Forward-Looking Statements

This press release contains forward-looking statements within the meaning of Section 27A of the Securities Act of 1933, as amended, and Section 21E of the Securities Exchange Act of 1934, as amended. These statements include, but are not limited to, statements related to the expectations regarding the performance of Hilton’s business, financial results, liquidity and capital resources, the planned spin-offs and other non-historical statements, including the statements in the “Outlook” section of this press release. You can identify these forward-looking statements by the use of words such as “outlook,” “believes,” “expects,” “potential,” “continues,” “may,” “will,” “should,” “could,” “seeks,” “projects,” “predicts,” “intends,” “plans,” “estimates,” “anticipates” or the negative version of these words or other comparable words. Such forward-looking statements are subject to various risks and uncertainties, including, among others, risks inherent to the hospitality industry, macroeconomic factors beyond Hilton’s control, competition for hotel guests, management and franchise agreements and timeshare sales, risks related to doing business with third-party hotel owners, Hilton’s significant investments in owned and leased real estate, performance of Hilton’s information technology systems, growth of reservation channels outside of Hilton’s system, risks of doing business outside of the United States, risks related to Hilton’s proposed spin-offs and Hilton’s indebtedness. Additional factors that could cause Hilton’s results to differ materially from those described in the forward-looking statements can be found under the section entitled “Part I—Item 1A. Risk Factors” of the Annual Report on Form 10-K for the fiscal year ended December 31, 2015, filed with the SEC, as such factors may be updated from time to time in Hilton’s periodic filings with the SEC, which are accessible on the SEC’s website at www.sec.gov. Accordingly, there are or will be important factors that could cause actual outcomes or results to differ materially from those indicated in these statements. These factors should not be construed as exhaustive and should be read in conjunction with the other cautionary statements that are included in this release and in Hilton’s filings with the SEC. The Company undertakes no obligation to publicly update or review any forward-looking statement, whether as a result of new information, future developments or otherwise, except as required by law.
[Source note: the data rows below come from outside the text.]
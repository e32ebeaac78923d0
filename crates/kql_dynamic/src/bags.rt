ghost use Rattle.std.specs.Prelude.{◌≡◌, fold, map, option_map, IfOk, IsTrue, Ok, OnOk, length};
ghost use Rattle.std.specs.List.{list_all};
ghost use Rattle.kql_cells.specs.Dynamic.{is_well_formed_dynamic};
ghost use Rattle.kql_cells.specs.Values.{IsWellFormed};
ghost use Rattle.kql_cells.specs.declared.dynamic.Dyn.TheVariants.{Text};
ghost use Rattle.kql_dynamic.specs.Bags.{bag_has_key, bag_keys, bag_merge, bag_of, bag_pack, entries_seen, pairs, put};

use crate::parts::{argument, entries, entry_at, text};
use kql_cells::{Dyn, DynBag, DynList, KText, LEVELS_TOP, Value, clone_dyn, has_levels_within};
use kql_items::Items;
use std::alloc::{AllocError, Global};
use std::collections::BTreeMap;

// Entries by their keys.
type Entries = BTreeMap<String, Dyn>;

/// The array of a bag's keys, ascending by bytes: `bag_keys(bag)`. It is null where there is no bag.
pub fn bag_keys(alloc: Global, args: &[&Dyn]) -> Result<Value, AllocError>
    requires count { length args.now ≡ 1 }
    requires form { IsTrue (list_all is_well_formed_dynamic (map (λ d. d.now) args.now)) }
    ensures value { IfOk result (λ v. v ≡ bag_keys (map (λ d. d.now) args.now)) }
    ensures form { IfOk result IsWellFormed }
{
    match entries(argument(args, 0)) {
        Some(entries) => Ok(Value::Dynamic(Dyn::Array(keys_of(alloc, entries)?))),
        None => Ok(Value::Null),
    }
}

/// Whether a bag has a key: `bag_has_key(bag, key)`. It is null where there is no bag, or the key is no text, and
/// takes no memory.
pub fn bag_has_key(_alloc: Global, args: &[&Dyn]) -> Result<Value, AllocError>
    requires count { length args.now ≡ 2 }
    requires form { IsTrue (list_all is_well_formed_dynamic (map (λ d. d.now) args.now)) }
    ensures value { result ≡ Ok (bag_has_key (map (λ d. d.now) args.now)) }
    ensures form { IfOk result IsWellFormed }
{
    let Some(entries) = entries(argument(args, 0)) else {
        return Ok(Value::Null);
    };
    match text(argument(args, 1)) {
        Some(key) => Ok(Value::Bool(entry_at(entries, key).is_some())),
        None => Ok(Value::Null),
    }
}

/// One bag of the keys of bags: `bag_merge(bag, bag, ..)`. The first bag that has a key gives its value, also a null.
/// It is null where one is no bag, and the empty bag where there are no arguments.
pub fn bag_merge(alloc: Global, args: &[&Dyn]) -> Result<Value, AllocError>
    requires { IsTrue (list_all is_well_formed_dynamic (map (λ d. d.now) args.now)) }
    ensures value { IfOk result (λ v. v ≡ bag_merge (map (λ d. d.now) args.now)) }
    ensures form { IfOk result IsWellFormed }
{
    let mut merged = BTreeMap::new(alloc);
    let mut count = args.len();
    'bags: while count > 0 {
        let last = count - 1;
        let Some(entries) = entries(args[last]) else {
            return Ok(Value::Null);
        };
        put_copies(alloc, &mut merged, entries)?;
        count = last;
    }
    Ok(Value::Dynamic(Dyn::Bag(bag_from(alloc, merged)?)))
}

/// The bag of keys and values: `bag_pack(key, value, ..)`. A later equal key replaces, and nulls stand as null. It
/// is null where a key is no text, where the last key has no value, and where it would have more than 127 levels; it
/// is the empty bag where there are no arguments.
pub fn bag_pack(alloc: Global, args: &[&Dyn]) -> Result<Value, AllocError>
    requires { IsTrue (list_all is_well_formed_dynamic (map (λ d. d.now) args.now)) }
    ensures value { IfOk result (λ v. v ≡ bag_pack (map (λ d. d.now) args.now)) }
    ensures form { IfOk result IsWellFormed }
{
    let Some(packed) = packed_entries(alloc, args)? else {
        return Ok(Value::Null);
    };
    let packed = Dyn::Bag(bag_from(alloc, packed)?);
    if has_levels_within(&packed, LEVELS_TOP) {
        Ok(Value::Dynamic(packed))
    } else {
        Ok(Value::Null)
    }
}

// The entries of keys and values in turn, none where a key is no text or has no value.
fn packed_entries(alloc: Global, args: &[&Dyn]) -> Result<Option<Entries>, AllocError>
    ensures { IfOk result (λ o. option_map (λ m. entries_seen m.entries) o ≡ option_map bag_of (pairs (map (λ d. d.now) args.now))) }
{
    let mut packed = BTreeMap::new(alloc);
    let mut left = args;
    'pairs: while let [key, more @ ..] = left {
        let [value, rest @ ..] = more else {
            return Ok(None);
        };
        let Some(key) = text(key) else {
            return Ok(None);
        };
        put_copy(alloc, &mut packed, key, value)?;
        left = rest;
    }
    Ok(Some(packed))
}

// The keys, in order.
fn keys_of(alloc: Global, entries: &[(KText, Dyn)]) -> Result<DynList, AllocError>
    ensures { IfOk result (λ ks. ks ≡ map (λ e. Text e.0) entries.now) }
{
    let mut keys = Items::with_capacity(alloc, entries.len())?;
    for entry in entries {
        keys.push(Dyn::Text(entry.0.copy(alloc)?))?;
    }
    Ok(keys)
}

// Puts copies of these, one after another.
fn put_copies(alloc: Global, bag: &mut Entries, entries: &[(KText, Dyn)]) -> Result<(), AllocError>
    ensures { OnOk result (entries_seen bag.new.entries ≡ fold put (entries_seen bag.old.entries) entries.now) }
{
    for entry in entries {
        put_copy(alloc, bag, entry.0.as_str(), &entry.1)?;
    }
    Ok(())
}

// Puts a copy of a value at a key.
#[tactic(auto, using(crate::proofs::BagPutLaws::bag_steps))]
fn put_copy(alloc: Global, bag: &mut Entries, key: &str, value: &Dyn) -> Result<(), AllocError>
    ensures { OnOk result (entries_seen bag.new.entries ≡ put (entries_seen bag.old.entries) (key.now, value.now)) }
{
    let key = String::from_str(alloc, key)?;
    let value = clone_dyn(alloc, value)?;
    drop(bag.insert(key, value)?);
    Ok(())
}

// The entries in the order of their keys.
fn bag_from(alloc: Global, entries: Entries) -> Result<DynBag, AllocError>
    ensures { IfOk result (λ es. es ≡ entries_seen entries.entries) }
{
    let mut bag = Items::with_capacity(alloc, entries.len())?;
    for (key, value) in entries {
        bag.push((KText::from_string(key), value))?;
    }
    Ok(bag)
}
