ghost use Rattle.std.specs.Prelude.{◌≡◌, ◌<◌, ◌≤◌, ◌^◌, IfOk, IsTrue, length, map, min, option_map, Some};
ghost use Rattle.std.specs.List.{list_all};
ghost use Rattle.kql_cells.specs.Dynamic.{highest, is_well_formed_dynamic, levels};
ghost use Rattle.kql_cells.specs.Values.{IsWellFormed};
ghost use Rattle.kql_dynamic.specs.Parts.{argument, at_index, at_name, element_at, elements, entries, entry_at, from_start, long, text, value_of};

use kql_cells::{Dyn, KText, LEVELS_TOP, Value, clone_dyn, has_form, has_levels_within};
use std::alloc::{AllocError, Global};

/// The value of a bag's entry with this key: null where it is no bag, or has no such key.
pub fn at_name(alloc: Global, d: &Dyn, n: &str) -> Result<Value, AllocError>
    requires { IsTrue (is_well_formed_dynamic d.now) }
    ensures value { IfOk result (λ v. v ≡ at_name d.now n.now) }
    ensures form { IfOk result IsWellFormed }
{
    let Some(entries) = entries(d) else {
        return Ok(Value::Null);
    };
    match entry_at(entries, n) {
        Some(value) => Ok(value_of(clone_dyn(alloc, value)?)),
        None => Ok(Value::Null),
    }
}

/// The value of an array's element, counted from 0; a negative index counts from the end, -1 the last. It is null
/// where it is no array, or has no such element.
pub fn at_index(alloc: Global, d: &Dyn, i: i64) -> Result<Value, AllocError>
    requires { IsTrue (is_well_formed_dynamic d.now) }
    ensures value { IfOk result (λ v. v ≡ at_index d.now i) }
    ensures form { IfOk result IsWellFormed }
{
    let Some(parts) = elements(d) else {
        return Ok(Value::Null);
    };
    match element_at(parts, i) {
        Some(part) => Ok(value_of(clone_dyn(alloc, part)?)),
        None => Ok(Value::Null),
    }
}

/// How many levels a dynamic value has: a scalar has none, an empty array or bag one, and another array or bag
/// one more than its highest part.
pub fn levels(d: &Dyn) -> u32
    requires { IsTrue (is_well_formed_dynamic d.now) }
    ensures count { result ≡ levels d.now }
    ensures limit { result ≤ 127 }
{
    levels_or_top(d)
}

/// Whether all of these are well formed, which the calls on arrays, bags and sets ask of their arguments: the keys
/// of each bag are distinct and ascend by bytes, and there are at most 127 levels.
pub fn are_well_formed(args: &[&Dyn]) -> bool
    ensures form { result ≡ list_all is_well_formed_dynamic (map (λ d. d.now) args.now) }
{
    let mut left = args;
    'values: while let [d, more @ ..] = left {
        if !has_form(d) || !has_levels_within(d, LEVELS_TOP) {
            return false;
        }
        left = more;
    }
    true
}

// The levels, or the greatest number where there are more.
#[cycle(levels)]
#[tactic(auto, using(crate::proofs::LevelCounts::level_counts))]
fn levels_or_top(d: &Dyn) -> u32
    ensures { result ≡ min (levels d.now) u32.MAX }
{
    match d {
        Dyn::Null => 0,
        Dyn::Bool(_) => 0,
        Dyn::Long(_) => 0,
        Dyn::Text(_) => 0,
        Dyn::Array(parts) => highest_part(parts.as_slice()).saturating_add(1),
        Dyn::Bag(entries) => highest_entry(entries.as_slice()).saturating_add(1),
    }
}

#[cycle(levels)]
#[tactic(auto, using(crate::proofs::LevelCounts::level_counts))]
fn highest_part(parts: &[Dyn]) -> u32
    ensures { result ≡ min (highest levels parts.now) u32.MAX }
{
    let mut top = 0;
    for part in parts {
        top = levels_or_top(part).max(top);
    }
    top
}

#[cycle(levels)]
#[tactic(auto, using(crate::proofs::LevelCounts::level_counts))]
fn highest_entry(entries: &[(KText, Dyn)]) -> u32
    ensures { result ≡ min (highest (λ e. levels e.1) entries.now) u32.MAX }
{
    let mut top = 0;
    for entry in entries {
        top = levels_or_top(&entry.1).max(top);
    }
    top
}

// A dynamic value as a value.
pub(crate) fn value_of(d: Dyn) -> Value
    ensures { result ≡ value_of d }
{
    match d {
        Dyn::Null => Value::Null,
        other => Value::Dynamic(other),
    }
}

// The elements of an array.
#[tactic(auto, unfolding(crate::specs::Parts::elements))]
pub(crate) fn elements(d: &Dyn) -> Option<&[Dyn]>
    ensures { option_map (λ s. s.now) result ≡ elements d.now }
{
    match d {
        Dyn::Array(parts) => Some(parts.as_slice()),
        _ => None,
    }
}

// The entries of a bag.
#[tactic(auto, unfolding(crate::specs::Parts::entries))]
pub(crate) fn entries(d: &Dyn) -> Option<&[(KText, Dyn)]>
    ensures { option_map (λ s. s.now) result ≡ entries d.now }
{
    match d {
        Dyn::Bag(entries) => Some(entries.as_slice()),
        _ => None,
    }
}

// The value of a key.
pub(crate) fn entry_at<'a>(entries: &'a [(KText, Dyn)], n: &str) -> Option<&'a Dyn>
    ensures { option_map (λ d. d.now) result ≡ entry_at n.now entries.now }
{
    for entry in entries {
        if entry.0.as_str() == n {
            return Some(&entry.1);
        }
    }
    None
}

// The element at an index.
fn element_at(parts: &[Dyn], i: i64) -> Option<&Dyn>
    ensures { option_map (λ d. d.now) result ≡ element_at parts.now (from_start (length parts.now) i) }
{
    let place = from_start(parts.len(), i);
    if place < 0 {
        None
    } else {
        parts.get(place as usize)
    }
}

// The place of an index.
pub(crate) fn from_start(size: usize, i: i64) -> i64
    requires { size < 2 ^ 63 }
    ensures { result ≡ from_start size i }
{
    if i < 0 { i + size as i64 } else { i }
}

// The text of a text.
#[tactic(auto, unfolding(crate::specs::Parts::text))]
pub(crate) fn text(d: &Dyn) -> Option<&str>
    ensures { option_map (λ s. s.now) result ≡ text d.now }
{
    match d {
        Dyn::Text(t) => Some(t.as_str()),
        _ => None,
    }
}

// The number of a long.
#[tactic(auto, unfolding(crate::specs::Parts::long))]
pub(crate) fn long(d: &Dyn) -> Option<i64>
    ensures { result ≡ long d.now }
{
    match d {
        Dyn::Long(n) => Some(*n),
        _ => None,
    }
}

// The argument at a place.
pub(crate) fn argument<'a>(args: &[&'a Dyn], i: usize) -> &'a Dyn
    requires { i < length args.now }
    ensures { result.now ≡ argument (map (λ d. d.now) args.now) i }
{
    args[i]
}
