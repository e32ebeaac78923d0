ghost use Rattle.std.specs.Prelude.{◌≡◌};
ghost use Rattle.kql_cells.specs.Hashed.{writes_of};
ghost use Rattle.kql_cells.specs.Same.{same};

use kql_cells::{Dyn, hash_dyn, same_dyn};
use std::hash::{Hash, Hasher};
use std::marker::Model;

// A dynamic value that is lent, as a key of a set. Equal values feed a hasher the same.
#[derive(Drop)]
pub(crate) struct DynRef<'a> {
    value: &'a Dyn,
}

impl<'a> Model for DynRef<'a> {
    ghost use Rattle.kql_cells.specs.contracts.dynamic.Dyn as dynamic;
    ghost use Rattle.kql_cells.specs.declared.dynamic.Dyn.{Dyn};

    ghost Value = { Dyn };

    ghost coded = { dynamic.the_row.coded };

    ghost view = { λ k. k.value.now };
}

impl<'a> DynRef<'a> {
    pub(crate) fn new(value: &'a Dyn) -> DynRef<'a>
        ensures { result ≡ value.now }
    {
        DynRef { value }
    }
}

impl<'a> PartialEq for DynRef<'a> {
    ghost use Rattle.std.specs.Cmp.{partial_equiv_from_equiv};
    ghost use Rattle.kql_cells.specs.Same.{same, same-equiv};

    ghost eq = { same };

    ghost laws = { partial_equiv_from_equiv same-equiv };

    fn eq(&self, other: &DynRef<'a>) -> bool {
        same(self.value, other.value)
    }
}

impl<'a> Eq for DynRef<'a> {
    ghost use Rattle.kql_cells.specs.Same.{same-equiv};

    ghost laws = { same-equiv };
}

impl<'a> Hash for DynRef<'a> {
    ghost use Rattle.kql_cells.specs.Same.{same_alike};

    ghost hash_input = { writes_of };

    ghost respects_eq = { same_alike writes_of };

    fn hash<H: Hasher>(&self, state: &mut H) {
        hash_dyn(self.value, state);
    }
}

// Whether two values are identical.
pub(crate) fn same(a: &Dyn, b: &Dyn) -> bool
    ensures { result ≡ same a.now b.now }
{
    same_dyn(a, b)
}
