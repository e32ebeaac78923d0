//! Dynamic values: JSON texts read and printed, a look into arrays and bags, and the calls on arrays, bags and sets.
#![tactic(auto)]

mod arrays;
mod bags;
mod hashed;
mod json;
mod laws;
mod parts;
mod print;
mod sets;

pub use arrays::{
    array_concat, array_index_of, array_length, array_reverse, array_slice, pack_array,
};
pub use bags::{bag_has_key, bag_keys, bag_merge, bag_pack};
pub use json::parse_json;
pub use laws::{elements_of_sets, keys_of_several_bags, order_of_sets, slices_and_joins};
pub use parts::{are_well_formed, at_index, at_name, levels};
pub use print::print_json;
pub use sets::{set_difference, set_has_element, set_intersect, set_union};
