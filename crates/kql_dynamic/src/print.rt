ghost use Rattle.std.specs.Prelude.{◌≡◌, ◌≢◌, [], false, true, ◌&&◌, IfOk, IsTrue, map, string_bytes};
ghost use Rattle.std.specs.List.{list_all, list_any};
ghost use Rattle.serde_json.specs.Data.{no_members};
ghost use Rattle.serde_json.specs.View.{members_view, view};
ghost use Rattle.serde_json.specs.Written.{has_float, members_have_float};
ghost use Rattle.kql_cells.specs.Dynamic.{ascends, has_form, is_well_formed_dynamic};
ghost use Rattle.kql_dynamic.specs.Json.{dyn_of, entry_of, parsed, part_of};
ghost use Rattle.kql_dynamic.specs.Parts.{value_of};
ghost use Rattle.kql_dynamic.specs.Printed.{data_of, entry_data, is_float_value, printed, puts};

use kql_cells::{Dyn, KText};
use serde_json::{Map, Value as Json};
use std::alloc::{AllocError, Global};

/// The compact JSON text of a dynamic value, as `serde_json` writes it: no space, keys ascending by bytes.
///
/// Reading it gives the value back.
pub fn print_json(alloc: Global, d: &Dyn) -> Result<KText, AllocError>
    requires { IsTrue (is_well_formed_dynamic d.now) }
    ensures text { IfOk result (λ t. t ≡ printed d.now) }
    ensures reads_back { IfOk result (λ t. parsed t ≡ value_of d.now) }
    ensures not_empty { IfOk result (λ t. t ≢ []) }
{
    let json = json_of(alloc, d)?;
    Ok(KText::from_string(json.to_string(alloc)?))
}

#[cycle(json_of)]
#[tactic(auto, using(crate::proofs::PrintFacts::data_steps))]
fn json_of(alloc: Global, d: &Dyn) -> Result<Json, AllocError>
    ensures data { IfOk result (λ v. view v ≡ data_of d.now) }
    ensures whole { IfOk result (λ v. is_float_value v ≡ false) }
    ensures back { IfOk result (λ v. has_form d.now ≡ true → part_of v ≡ d.now) }
{
    match d {
        Dyn::Null => Ok(Json::Null),
        Dyn::Bool(b) => Ok(Json::Bool(*b)),
        Dyn::Long(n) => Ok(Json::from(*n)),
        Dyn::Text(t) => Ok(Json::String(String::from_str(alloc, t.as_str())?)),
        Dyn::Array(parts) => Ok(Json::Array(items_of(alloc, parts.as_slice())?)),
        Dyn::Bag(entries) => Ok(Json::Object(members_of(alloc, entries.as_slice())?)),
    }
}

#[cycle(json_of)]
fn items_of(alloc: Global, parts: &[Dyn]) -> Result<Vec<Json>, AllocError>
    ensures data { IfOk result (λ v. map view v.items ≡ map data_of parts.now) }
    ensures whole { IfOk result (λ v. list_any is_float_value v.items ≡ false) }
    ensures back { IfOk result (λ v. list_all has_form parts.now ≡ true → map part_of v.items ≡ parts.now) }
{
    let mut items = Vec::with_capacity(alloc, parts.len())?;
    for part in parts {
        items.push(json_of(alloc, part)?)?;
    }
    Ok(items)
}

#[cycle(json_of)]
#[tactic(auto, using(crate::proofs::PrintFacts::data_steps))]
fn members_of(alloc: Global, entries: &[(KText, Dyn)]) -> Result<Map<String, Json>, AllocError>
    ensures data { IfOk result (λ m. members_view m.entries ≡ puts no_members (map entry_data entries.now)) }
    ensures whole { IfOk result (λ m. members_have_float (members_view m.entries) ≡ false) }
    ensures back { IfOk result (λ m. (ascends entries.now && list_all (λ e. has_form e.1) entries.now) ≡ true
        → map entry_of m.entries ≡ entries.now) }
{
    let mut members = Map::new(alloc);
    for entry in entries {
        let name = String::from_str(alloc, entry.0.as_str())?;
        let value = json_of(alloc, &entry.1)?;
        drop(members.insert(name, value)?);
    }
    Ok(members)
}
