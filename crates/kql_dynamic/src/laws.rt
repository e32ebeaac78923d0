ghost use Rattle.kql_dynamic.specs.Laws.{DifferenceHolds, DifferenceInOrder, FirstBagWins, FirstIsSliced, FirstsComeFirst, IntersectHolds, IntersectInOrder, LastPairWins, SecondIsSliced, SlicesJoin, UnionHolds, UnionInOrder};

/// `array_slice` takes an array apart, and `array_concat` puts the parts together; of two arrays that were put
/// together, `array_slice` gives each back.
pub fn slices_and_joins()
    ensures joined { SlicesJoin }
    ensures first { FirstIsSliced }
    ensures second { SecondIsSliced }
{}

/// In `bag_merge` the first bag that has a key gives its value, and in `bag_pack` the last of equal keys.
pub fn keys_of_several_bags()
    ensures first { FirstBagWins }
    ensures last { LastPairWins }
{}

/// The sets hold what set theory says, each value once, where it occurs first.
pub fn elements_of_sets()
    ensures union { UnionHolds }
    ensures intersect { IntersectHolds }
    ensures difference { DifferenceHolds }
    ensures first { FirstsComeFirst }
{}

/// The values of a union come in the order in which they occur first in the two arrays, one after the other. Those
/// of an intersection and of a difference come in the order in which they occur first in the first array.
pub fn order_of_sets()
    ensures union { UnionInOrder }
    ensures intersect { IntersectInOrder }
    ensures difference { DifferenceInOrder }
{}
Non-GAAP Financial Measures

The Company refers to certain non-GAAP financial measures in this press release, including net income and EPS, adjusted for special items, Adjusted EBITDA and Adjusted EBITDA margin, Net debt and Net debt to Adjusted EBITDA ratio. Please see the schedules to this press release including the “Definitions” section for additional information and reconciliations of such non-GAAP financial measures.

In addition, this press release includes projected pro forma Adjusted EBITDA for the year ending December 31, 2016 for each of Hilton, Park Hotels & Resorts Inc. and Hilton Grand Vacations Inc. A reconciliation of projected pro forma Adjusted EBITDA to a measure calculated in accordance with GAAP is not available without unreasonable effort due to the unavailability of certain information needed to calculate certain reconciling items, including interest expense and income tax expense. For the same reasons, we are unable to address the probable significance of the unavailable information, which could be material to future results.